Estabelece as normas relativas ao registo, autorização para exercício da actividade, classificação e titulação, implantação e funcionamento das explorações suinícolas e dos centros de agrupamento de suínos.

Texto do documento

Decreto-Lei 339/99

de 25 de Agosto

O Decreto-Lei 163/97, de 27 de Junho, estabelece as normas relativas ao registo, autorização para o exercício da actividade, classificação e titulação, implantação e funcionamento das explorações suinícolas e centros de agrupamento de suínos.

No entanto, a aplicação prática daquele diploma legal veio revelar a necessidade de alguns ajustamentos.

A actualização da classificação das explorações suinícolas e a introdução de uma nova reorganização do registo e autorização para o exercício da actividade das explorações suinícolas e dos centros de agrupamento de suínos são também aspectos que justificam uma revisão do Decreto-Lei 163/97, de 27 de Junho, e demais legislação complementar, substituindo-o pelo presente diploma.

Foi ouvida a Associação Nacional de Municípios Portugueses.

Assim:

Nos termos da alínea a) do n.º 1 do artigo 198.º da Constituição, o Governo decreta, para valer como lei geral da República, o seguinte:

Artigo 1.º

Objecto

O presente diploma estabelece as normas relativas ao registo, autorização para exercício da actividade, classificação e titulação, implantação e funcionamento das explorações suinícolas e dos centros de agrupamento de suínos.

Artigo 2.º

Classificação das explorações suinícolas

1 - Para efeitos do presente diploma, as explorações suinícolas são classificadas em:

a) Industriais - as que explorem 20 reprodutores ou mais e ou 200 ou mais porcos de engorda, respectivamente;

b) Familiares - as que explorem menos de 20 reprodutores e ou menos de 200 porcos de engorda, respectivamente.

2 - De acordo com as suas finalidades, as explorações industriais de suínos classificam-se em:

a) Produção de reprodutores;

b) Produção de porcos para abate.

3 - As explorações industriais produtoras de reprodutores compreendem:

a) Núcleos de selecção - as que se dedicam ao melhoramento genético de suínos de raças puras para as quais se disponha de livro genealógico ou registo zootécnico com vista à obtenção de reprodutores selectos;

b) Unidades de multiplicação - as que têm por finalidade primordial a obtenção de fêmeas reprodutoras de raça pura ou híbridos a partir de reprodutores inscritos em livro genealógico ou registo zootécnico.

4 - As explorações industriais produtoras de porcos para abate compreendem:

a) Explorações de produção em ciclo fechado - as que se dedicam à produção de leitões para recria e acabamento na própria exploração;

b) Explorações de produção de leitões - as que se dedicam só à produção de leitões;

c) Explorações de recria e acabamento - as que se dedicam a recria e acabamento de animais para abate.

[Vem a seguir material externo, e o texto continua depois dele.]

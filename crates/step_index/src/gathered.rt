//! The steps of an execution, and those that accessed a key, gathered from their classes.

ghost use Rattle.std.specs.Prelude.{◌≡◌, ◌<◌, ℕ, true, Some, IfOk, slice_get};
ghost use Rattle.linked_classes.specs.Cells.{cell_at};
ghost use Rattle.saved_steps.specs.declared.record.StepRecord.{StepRecord as Kept};
ghost use Rattle.step_index.specs.Gathered.{accesses, is_of_execution, places_where};
ghost use Rattle.step_index.specs.Records.{classes_in};

use crate::buckets::{Classing, set_number};
use attr_values::Key;
use linked_classes::ClassedVec;
use saved_steps::StepRecord;
use std::alloc::{AllocError, Global};

/// The places of an execution's steps, if all of them are in this class: a look at each step there.
pub(crate) fn gathered_of(
    alloc: Global,
    records: &ClassedVec<StepRecord>,
    class: u32,
    exec: &str,
) -> Result<Vec<usize>, AllocError>
    requires { class < 16381 }
    ensures { ((k : ℕ) (r : Kept) → slice_get records.now.items k ≡ Some r → is_of_execution exec.now r ≡ true → cell_at (classes_in records.now Classing.Execs) k ≡ Some class)
        → IfOk result (λ found. found.items ≡ places_where (is_of_execution exec.now) records.now.items) }
{
    let mut found = Vec::new(alloc);
    let set = set_number(Classing::Execs);
    let mut next = records.first(set, class);
    while let Some(number) = next {
        if is_of(records.of_number(number), exec) {
            found.push(records.place(number))?;
        }
        next = records.next(set, number);
    }
    Ok(found)
}

/// The places of the steps that accessed a key, if all of them are in this class: a look at each step there.
pub(crate) fn gathered_accesses(
    alloc: Global,
    records: &ClassedVec<StepRecord>,
    class: u32,
    key: &Key,
) -> Result<Vec<usize>, AllocError>
    requires { class < 16381 }
    ensures { ((k : ℕ) (r : Kept) → slice_get records.now.items k ≡ Some r → accesses key.now r ≡ true → cell_at (classes_in records.now Classing.Keys) k ≡ Some class)
        → IfOk result (λ found. found.items ≡ places_where (accesses key.now) records.now.items) }
{
    let mut found = Vec::new(alloc);
    let set = set_number(Classing::Keys);
    let mut next = records.first(set, class);
    while let Some(number) = next {
        if accesses(records.of_number(number), key) {
            found.push(records.place(number))?;
        }
        next = records.next(set, number);
    }
    Ok(found)
}

/// Whether a record is that of a step of this execution.
fn is_of(taken: &StepRecord, exec: &str) -> bool
    ensures { result ≡ is_of_execution exec.now taken.now }
{
    taken.fact.name.thread.exec() == exec
}

/// Whether a record is that of a step that accessed this key.
fn accesses(taken: &StepRecord, key: &Key) -> bool
    ensures { result ≡ accesses key.now taken.now }
{
    match &taken.fact.access {
        Some(access) => access.key == *key,
        None => false,
    }
}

5 - De acordo com o sistema de produção, as explorações referidas nos n.os 3 e 4 são ainda classificadas:

a) Regime intensivo - as que em área coberta ou ao ar livre não utilizam o pastoreio em qualquer das fases do processo produtivo;

b) Regime semi-intensivo - as que em área coberta ou ao ar livre utilizam o pastoreio numa ou mais fases do seu processo produtivo;

c) Regime extensivo - as que utilizam o pastoreio em todas as fases do seu processo produtivo.

6 - As explorações de suínos que se dediquem à selecção através de melhoramento genético de suínos de raças puras não podem produzir híbridos.

7 - As explorações de suínos referidas nos n.os 3 e 4 deste diploma terão de dispor dos efectivos mínimos constantes do mapa anexo ao presente diploma, que dele faz parte integrante; as explorações familiares de suínos ficam sujeitas aos efectivos máximos constantes do mesmo mapa.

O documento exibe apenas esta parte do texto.